In the original Naked Gun trilogy, Nielsen (whose name is often jokingly confused with Neeson’s) played Drebin Sr. like a bumbling Bond, a man certain he’s suave, unaware of the cascade of calamities he leaves in his wake. Drebin Jr. aspires to be grittier, a disaster-prone Dirty Harry. He vanquishes two nasties – played by Danny Huston and Kevin Durand, also parodying their own villain personas – and gets the girl, played by Pamela Anderson (whom he is reportedly dating off screen).

Neeson and the film, directed and co-written by Akiva Schaffer, are onto how ridiculous the badass-with-a-gun trope is – “I guess old white men are the toughest smartest, sexiest beings on the planet,” Drebin Jr. deadpans near the end – and they make giddy hay of it. Unfortunately for me, though, there are just too many vigilante-wannabes roaming North America right now, with all-too-real automatic weapons, to relax into a joke version.
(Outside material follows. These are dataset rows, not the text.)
/// The first cause of the bases and buffers.
fn buffer_fault(
    rows: &[Row],
    bases: &[u64],
    portal_len: usize,
    staging_len: usize,
) -> Option<FillFault>
    requires { ArePrepared rows.now }
    ensures { MatchOption result
        (HasBuffers (template_in rows.now) bases.now portal_len staging_len)
        (λ fault. (staging : ℕ) →
        IsFirstFillFault (template_in rows.now) bases.now staging portal_len staging_len fault) }
{
    if bases.len() != region_rows(rows).len() {
        return Some(FillFault::Bases);
    }
    let batched = 64 * staging_rows(rows).len();
    if portal_len < 64 * portal_rows(rows).len()
        || staging_len < batched + 32 * header_word(rows, 5)
    {
        return Some(FillFault::Room);
    }
    None
}

/// Whether all regions go where they may, by one look at each: the bases rise or fall with the regions, and the
/// staging area lies above or below them all. The answer may be no for regions that may go there.
#[inline(always)]
fn are_in_place(regions: &[Row], bases: &[u64], area: Span) -> bool
    requires based { length bases.now ≡ length regions.now }
    requires units { AreUnits (map unit_in regions.now) }
    ensures { IsTrue result →
        AllBelow (length regions.now) (FitsAt (map region_in regions.now) bases.now)
        × AllBelow (length regions.now)
        (IsAlignedBase (map region_in regions.now) (map unit_in regions.now) bases.now)
        × AllBelow (length regions.now)
        (IsApartFromEarlier (map region_in regions.now) bases.now)
        × AllBelow (length regions.now) (IsClearAt (map region_in regions.now) bases.now area) }
{
    let (mut bottom, mut top) = (u64::MAX, 0);
    for i in 0..regions.len() {
        let region = new_region(regions, bases, i);
        let Some(end) = region.first.checked_add(region.len) else {
            return false;
        };
        if region.first < top && end > bottom {
            return false;
        }
        if !is_aligned(bases[i], regions[i].region().first, regions[i].unit()) {
            return false;
        }
        bottom = bottom.min(region.first);
        top = top.max(end);
    }
    is_beside(area, bottom, u128::from(top))
}

/// Where the descriptors of the pieces may be staged.
#[inline(always)]
fn area_of(rows: &[Row], staging: u64) -> Span
    requires { HaveHeader rows.now }
    ensures { result ≡ staging_area staging (header_word rows.now 6) }
{
    Span {
        first: staging,
        len: STAGED_LEN * header_word(rows, 6) as u64,
    }
}

/// Whether the submission can be filled, by one look at each region and each tie. The answer may be no for one that
/// can.
#[inline(always)]
fn can_fill(rows: &[Row], bases: &[u64], staging: u64) -> bool
    requires prepared { ArePrepared rows.now }
    requires based { HasBases (template_in rows.now) bases.now }
    ensures { IsTrue result → CanFill (template_in rows.now) bases.now staging }
{
    if !Setting::Staging.allows(staging) {
        return false;
    }
    match first_untied(tie_rows(rows), bases) {
        Some(_) => return false,
        None => (),
    }
    are_in_place(region_rows(rows), bases, area_of(rows, staging))
}

/// The first cause of where the regions and the staging area go.
fn base_fault(rows: &[Row], bases: &[u64], staging: u64) -> Option<FillFault>
    requires prepared { ArePrepared rows.now }
    requires based { HasBases (template_in rows.now) bases.now }
    ensures { MatchOption result (CanFill (template_in rows.now) bases.now staging)
        (λ fault. (portal_len staging_len : ℕ) →
        HasRoom (template_in rows.now) portal_len staging_len →
        IsFirstFillFault (template_in rows.now) bases.now staging portal_len staging_len fault) }
{
    if can_fill(rows, bases, staging) {
        return None;
    }
    first_base_fault(rows, bases, staging)
}

/// The same, by a look at all regions for each cause in its order.
#[inline(never)]
fn first_base_fault(rows: &[Row], bases: &[u64], staging: u64) -> Option<FillFault>
    requires prepared { ArePrepared rows.now }
    requires based { HasBases (template_in rows.now) bases.now }
    ensures { MatchOption result (CanFill (template_in rows.now) bases.now staging)
        (λ fault. (portal_len staging_len : ℕ) →
        HasRoom (template_in rows.now) portal_len staging_len →
        IsFirstFillFault (template_in rows.now) bases.now staging portal_len staging_len fault) }
{
    let regions = region_rows(rows);
    match first_wrap(regions, bases) {
        Some(region) => return Some(FillFault::RegionWrap(region)),
        None => (),
    }
    match first_misaligned(regions, bases) {
        Some(region) => return Some(FillFault::Misaligned(region)),
        None => (),
    }
    let ties = tie_rows(rows);
    match first_untied(ties, bases) {
        Some(k) => {
            let tie = ties[k].tie();
            return Some(FillFault::DualcastBits(tie.region, tie.other));
        }
        None => (),
    }
    match first_meeting(regions, bases) {
        Some((region, earlier)) => return Some(FillFault::RegionsMeet(region, earlier)),
        None => (),
    }
    let area = area_of(rows, staging);
    match first_in_area(regions, bases, area) {
        Some(region) => return Some(FillFault::StagingMeets(region)),
        None => (),
    }
    if Setting::Staging.allows(staging) {
        None
    } else {
        Some(FillFault::Staging)
    }
}
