//! Addresses that have to agree in their low 12 bits.

/// Two addresses that have to agree in their low 12 bits, as the destinations of a dualcast have.
#[derive(Clone, Copy)]
pub struct Tie {
    /// The region of the first address.
    pub region: usize,
    /// Its offset in the region.
    pub offset: u64,
    /// The region of the second address.
    pub other: usize,
    /// Its offset in the region.
    pub other_offset: u64,
}
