//! `audit` of an input, with the options that were given.

ghost use Rattle.std.specs.Prelude.{◌≡◌, [], IfOk, MatchResult, codes, map};
ghost use Rattle.std.specs.List.{count_by};
ghost use Rattle.std.specs.Str.{bytes_eq};
ghost use Rattle.dsa_text.specs.Options.{IsFlag};
ghost use Rattle.dsa_text.specs.Audited.{AnswersWith, AreAuditWords, AuditsInput, AuditsReader, IsFormat, Refuses, RefusesWith, Settle, SettleWith, awaited_by, awaited_in, denied_by, denied_in, format_of};

use crate::commands::{batches, flag, value};
use crate::options::word;
use clap::{Arg, ArgAction, ArgMatches, Command};
use dsa_advice::{SettingsWords, message_with, parts_of, settings_fault, settings_of};
use dsa_calls::PlanFault;
use dsa_plan::Settings;
use dsa_recording::{
    Accepted, Assumptions, AuditAnswer, AuditFormat, AuditOptions, Await, Denied, Dump,
    MissingWait, ReadFault, audit, audit_read, audit_staged,
};
use std::alloc::{AllocError, Global};
use std::io::Read;

/// The contents of the files that options name.
#[derive(Clone, Copy)]
pub(crate) struct Given<'a> {
    /// The kinds of errors that are known.
    pub accepted: &'a Accepted,
    /// The dumps of memory.
    pub dumps: &'a [Dump],
}

/// What the help of `audit` says of recordings and statuses.
const RECORDINGS: &str =
    "A recording has what was submitted, in order: entries of 64 bytes, and after the descriptor of a batch its members.
It is read as these bytes, as xxd, xxd -p and hexdump -v -C write them, or as lines that disassemble writes, with those
of the members after the line of their batch.

Bytes may have any length: they are read and audited in parts. A text, and what is read with --svg, --list, --staging or
--events, has 64 MiB at most.

With --staging it is read as what was written to a portal, with the members of each batch in the first dump that has them
at the batch's list address. --staging may be given more than once.

With --list it writes the operations of the recording as lines that explain reads, which says what their least plan costs:
  dsa_text audit --list recording.bin > list.txt && dsa_text explain --greatest-transfer 2048M list.txt
A member without a line is named in a comment: the plan knows nothing of it. A fence that guards or signals, and that no
conflict needs, is a line barrier, which the plan keeps. The list is for prices, not for submission.

No conflict needs a fence that guards or signals. A guarding one is the first after a member that can fail: that does
not block on a fault (but a no-op), checks a result, applies a delta, is an operation on DIF, a translation fetch or a
drain, or is not looked at. A signalling one is waited for by a member that software can see to have ended, and who
sees that knows that all before the fence have ended. --await and --resident say what the software is known to do, and
free fences that only guard or signal otherwise:
  --await writes    it may look at all that a member writes, also a flag that another thread polls
  --await signals   it looks at data only after a completion record or an interrupt says so
  --await batches   it looks at the records of batches, lone descriptors and no-ops, and interrupts, alone
  --resident        no member can end with a page fault
Drop needless fences of one audit together, and never with those of an audit under other options.

Each finding names its entries and what they do. Of findings of one kind in like batches the first is written, and how many
more there are; --all writes each. --write-accept writes a line for each kind of error that there is; with such a file
--accept takes errors of these kinds as known, so that others alone make the status 1. Repeat both until nothing is
written, since each member is named with one fence alone that it lacks, and each entry with one wait. A line that fits
nothing in all files is named at the end, and is an error with --deny stale. A line that begins with no small letter is
a comment:
  dsa_text audit --write-accept recording.bin > known.txt && dsa_text audit --accept known.txt recording.bin

Each submission is taken to be waited for before the next one. With --events it also reports missing waits: an entry
that conflicts with one of an earlier submission of which the program could not know that it had ended. Each is an
error, whatever --deny names, unless --accept has its kind.
  dsa_text audit --events NAME.PID.events NAME.PID.dsa

Several files are audited in their order, each by itself; the last line has how many have errors and how many are refused.
--svg, --list, --staging and --events take one. The status is the greatest of theirs.

The status is 0 if nothing is an error, 1 if something is: a missing fence or wait, a fence, record or batch that is
wrong, or what --deny names; and 2 if there is no recording, or it is too large to draw. Of a list it is 0 or 2.
--deny nothing makes an error of each file in which nothing was submitted.
Prices are in one unit of your choice. Numbers are decimal, or hexadecimal after 0x.
Example: dsa_text audit --deny needless,unseen recording.bin";

/// The files to read.
fn files<'a>(alloc: Global) -> Arg<'a> {
    Arg::new(alloc, "file")
        .value_name("FILE")
        .num_args(1..)
        .action(ArgAction::Append)
        .help("what to read, each file by itself; standard input where it is - or missing")
}

/// The option of the findings that count as errors.
fn deny<'a>(alloc: Global) -> Arg<'a> {
    Arg::new(alloc, "deny")
        .long("deny")
        .value_name("KIND,..")
        .action(ArgAction::Set)
        .help(
            "what counts as an error too: needless, guarding, signalling, unseen, stale, nothing; waits always do",
        )
}

/// The option of the errors that are known.
fn accept<'a>(alloc: Global) -> Arg<'a> {
    Arg::new(alloc, "accept")
        .long("accept")
        .value_name("FILE")
        .action(ArgAction::Set)
        .help("errors of the kinds that this file has, a line each, are known and no errors")
}

/// The option of what software looks at.
fn awaited<'a>(alloc: Global) -> Arg<'a> {
    Arg::new(alloc, "await")
        .long("await")
        .value_name("WHAT")
        .action(ArgAction::Set)
        .default_value("writes")
        .help("what software looks at: writes, signals or batches")
}

/// The option of dumps of memory.
fn staging<'a>(alloc: Global) -> Arg<'a> {
    Arg::new(alloc, "staging")
        .long("staging")
        .value_name("ADDRESS:FILE")
        .action(ArgAction::Append)
        .help("read a portal alone; members of batches are in this dump of memory")
}

/// The option of events.
fn events<'a>(alloc: Global) -> Result<Arg<'a>, AllocError> {
    Arg::new(alloc, "events")
        .long("events")
        .value_name("FILE")
        .action(ArgAction::Set)
        .help(
            "report missing waits too, by the events that dsa_trace --out wrote beside the recording",
        )
        .conflicts_with("list")?
        .conflicts_with("staging")
}

/// The options of the prices.
fn price_options<'a>(alloc: Global) -> Result<Vec<Arg<'a>>, AllocError> {
    let mut options = Vec::new(alloc);
    options.push(value(
        alloc,
        "greatest-batch",
        "32",
        "most members of a batch that has a price, 2 to 1024",
    ))?;
    options.push(value(
        alloc,
        "greatest-transfer",
        "2097152",
        "taken as explain takes it; an audit splits nothing",
    ))?;
    options.push(value(alloc, "lone", "10", "price of a lone descriptor"))?;
    options.push(value(alloc, "batch", "14", "price of a batch"))?;
    options.push(batches(alloc)?)?;
    options.push(value(alloc, "fence", "3", "price of a fence in a batch"))?;
    Ok(options)
}

/// The flags of how a report is written.
fn format_flags<'a>(alloc: Global) -> Result<Vec<Arg<'a>>, AllocError> {
    let mut options = Vec::new(alloc);
    options.push(flag(alloc, "json", "write the report as JSON"))?;
    let svg = flag(alloc, "svg", "draw the submissions and their fences");
    options.push(svg.conflicts_with("json")?)?;
    let list = flag(alloc, "list", "write the operations as a list to plan");
    options.push(
        list.conflicts_with("json")?
            .conflicts_with("svg")?
            .conflicts_with("deny")?,
    )?;
    options.push(flag(
        alloc,
        "all",
        "write each finding, not the first of each kind",
    ))?;
    Ok(options)
}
And whoops, a glance at Neeson’s current and coming projects proves that parodying himself in The Naked Gun absolutely did not cow him into retiring from squint-eyed machismo. He’s playing or about to play an avenging ice road trucker; a decorated combat vet named Fang who flees a murder in a Mustang Shelby Cobra; a convict who has to break a terrorist out of prison; a reprise of his hitman Jimmy (the Gravedigger Condon; a disgraced war-torn CIA operative; a grizzled bio-terror operative; and a bank-robbing grandpa. I guess acting the alpha male never grows old. Especially if there’s a fat wad of cash to pocket.